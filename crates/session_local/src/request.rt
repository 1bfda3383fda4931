//! What a session asks for.

use crate::apart::Apart;
use cursor_nav::SeekBy;
use index_derive::{IndexFlags, NamedCondition, NamedSegment};
use jet_base::{ColType, ColumnFlags, CursorId, Given, Items, Name, Octets, Prepare, Way};
use temp_table::TempColumn;

/// A call of a session, as a line of a script writes it after the session's label.
///
/// A script's calls are kept in a list, so a call is no larger than those that come often: what few calls have besides lies
/// apart.
#[derive(Debug, Drop, PartialEq, Eq)]
pub enum Request {
    BeginSession,
    EndSession,
    BeginTransaction,
    CommitTransaction {
        /// The outermost commit does not wait for the log.
        lazy: bool,
    },
    Rollback {
        /// All levels, and not the innermost alone.
        all: bool,
    },
    CreateTable {
        table: Name,
    },
    DeleteTable {
        table: Name,
    },
    AddColumn {
        table: Name,
        column: Name,
        kind: ColType,
        flags: ColumnFlags,
    },
    DeleteColumn {
        table: Name,
        column: Name,
    },
    CreateIndex {
        table: Name,
        index: Apart<Name>,
        flags: IndexFlags,
        /// Keys are cut at so many bytes: 255 unless another limit is written.
        key_most: u16,
        segments: Apart<Items<NamedSegment>>,
        conditions: Apart<Items<NamedCondition>>,
    },
    DeleteIndex {
        table: Name,
        index: Name,
    },
    OpenTable {
        cursor: CursorId,
        table: Name,
    },
    CloseTable {
        cursor: CursorId,
    },
    SetCurrentIndex {
        cursor: CursorId,
        /// None for the primary order.
        index: Option<Name>,
    },
    Move {
        cursor: CursorId,
        way: Way,
    },
    MakeKey {
        cursor: CursorId,
        /// The key begins with this value. Otherwise: the value goes to the key so far.
        fresh: bool,
        value: Given,
    },
    Seek {
        cursor: CursorId,
        by: SeekBy,
    },
    SetIndexRange {
        cursor: CursorId,
        /// The key that was made is an upper limit. Otherwise: a lower one.
        upper: bool,
        /// Entries with the very key are within the limit.
        inclusive: bool,
    },
    RemoveIndexRange {
        cursor: CursorId,
    },
    IndexRecordCount {
        cursor: CursorId,
        /// Counting stops at so many entries, where a number is written.
        most: Option<u32>,
    },
    RetrieveKey {
        cursor: CursorId,
    },
    GetBookmark {
        cursor: CursorId,
    },
    GotoBookmark {
        cursor: CursorId,
        bookmark: Octets,
    },
    PrepareUpdate {
        cursor: CursorId,
        how: Prepare,
    },
    SetColumn {
        cursor: CursorId,
        column: Name,
        /// Which of the column's values, from 1. Then 0, and any number above the last, appends.
        sequence: u32,
        value: Given,
    },
    RetrieveColumn {
        cursor: CursorId,
        column: Name,
        /// Which of the column's values, from 1. Then 0 asks for their number.
        sequence: u32,
        /// From the copy buffer, and not from the current record.
        copy: bool,
        /// At most so many bytes of the value: 255 where no number is written.
        most: u32,
    },
    Update {
        cursor: CursorId,
    },
    Delete {
        cursor: CursorId,
    },
    GetLock {
        cursor: CursorId,
    },
    EscrowUpdate {
        cursor: CursorId,
        column: Name,
        amount: i32,
    },
    TempOpen {
        /// Temporary tables have labels of their own: a cursor may have the same one.
        temp: CursorId,
        /// No two rows have one key.
        unique: bool,
        columns: Items<TempColumn>,
    },
    TempPut {
        temp: CursorId,
        /// One for each column.
        values: Items<Given>,
    },
    TempMove {
        temp: CursorId,
        way: Way,
    },
    TempRead {
        temp: CursorId,
        /// Which of the columns, from 1.
        column: u8,
    },
    TempCount {
        temp: CursorId,
    },
    TempClose {
        temp: CursorId,
    },
    IntersectIndexes {
        /// The label of the temporary table that is filled.
        temp: CursorId,
        /// Those whose ranges are intersected. One may stand there more than once.
        cursors: Items<CursorId>,
    },
}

- - - -

▶ [ACTIVITY]:
Please give back the entries above, unchanged and complete.

▶ [SOLUTION TO THIS EXERCISE]:
filename crates/session_local/src/request.rt
repository 1bfda3383fda4931
//! What a session asks for.

use crate::apart::Apart;
use cursor_nav::SeekBy;
use index_derive::{IndexFlags, NamedCondition, NamedSegment};
use jet_base::{ColType, ColumnFlags, CursorId, Given, Items, Name, Octets, Prepare, Way};
use temp_table::TempColumn;

/// A call of a session, as a line of a script writes it after the session's label.
///
/// A script's calls are kept in a list, so a call is no larger than those that come often: what few calls have besides lies
/// apart.
#[derive(Debug, Drop, PartialEq, Eq)]
pub enum Request {
    BeginSession,
    EndSession,
    BeginTransaction,
    CommitTransaction {
        /// The outermost commit does not wait for the log.
        lazy: bool,
    },
    Rollback {
        /// All levels, and not the innermost alone.
        all: bool,
    },
    CreateTable {
        table: Name,
    },
    DeleteTable {
        table: Name,
    },
    AddColumn {
        table: Name,
        column: Name,
        kind: ColType,
        flags: ColumnFlags,
    },
    DeleteColumn {
        table: Name,
        column: Name,
    },
    CreateIndex {
        table: Name,
        index: Apart<Name>,
        flags: IndexFlags,
        /// Keys are cut at so many bytes: 255 unless another limit is written.
        key_most: u16,
        segments: Apart<Items<NamedSegment>>,
        conditions: Apart<Items<NamedCondition>>,
    },
    DeleteIndex {
        table: Name,
        index: Name,
    },
    OpenTable {
        cursor: CursorId,
        table: Name,
    },
    CloseTable {
        cursor: CursorId,
    },
    SetCurrentIndex {
        cursor: CursorId,
        /// None for the primary order.
        index: Option<Name>,
    },
    Move {
        cursor: CursorId,
        way: Way,
    },
    MakeKey {
        cursor: CursorId,
        /// The key begins with this value. Otherwise: the value goes to the key so far.
        fresh: bool,
        value: Given,
    },
    Seek {
        cursor: CursorId,
        by: SeekBy,
    },
    SetIndexRange {
        cursor: CursorId,
        /// The key that was made is an upper limit. Otherwise: a lower one.
        upper: bool,
        /// Entries with the very key are within the limit.
        inclusive: bool,
    },
    RemoveIndexRange {
        cursor: CursorId,
    },
    IndexRecordCount {
        cursor: CursorId,
        /// Counting stops at so many entries, where a number is written.
        most: Option<u32>,
    },
    RetrieveKey {
        cursor: CursorId,
    },
    GetBookmark {
        cursor: CursorId,
    },
    GotoBookmark {
        cursor: CursorId,
        bookmark: Octets,
    },
    PrepareUpdate {
        cursor: CursorId,
        how: Prepare,
    },
    SetColumn {
        cursor: CursorId,
        column: Name,
        /// Which of the column's values, from 1. Then 0, and any number above the last, appends.
        sequence: u32,
        value: Given,
    },
    RetrieveColumn {
        cursor: CursorId,
        column: Name,
        /// Which of the column's values, from 1. Then 0 asks for their number.
        sequence: u32,
        /// From the copy buffer, and not from the current record.
        copy: bool,
        /// At most so many bytes of the value: 255 where no number is written.
        most: u32,
    },
    Update {
        cursor: CursorId,
    },
    Delete {
        cursor: CursorId,
    },
    GetLock {
        cursor: CursorId,
    },
    EscrowUpdate {
        cursor: CursorId,
        column: Name,
        amount: i32,
    },
    TempOpen {
        /// Temporary tables have labels of their own: a cursor may have the same one.
        temp: CursorId,
        /// No two rows have one key.
        unique: bool,
        columns: Items<TempColumn>,
    },
    TempPut {
        temp: CursorId,
        /// One for each column.
        values: Items<Given>,
    },
    TempMove {
        temp: CursorId,
        way: Way,
    },
    TempRead {
        temp: CursorId,
        /// Which of the columns, from 1.
        column: u8,
    },
    TempCount {
        temp: CursorId,
    },
    TempClose {
        temp: CursorId,
    },
    IntersectIndexes {
        /// The label of the temporary table that is filled.
        temp: CursorId,
        /// Those whose ranges are intersected. One may stand there more than once.
        cursors: Items<CursorId>,
    },
}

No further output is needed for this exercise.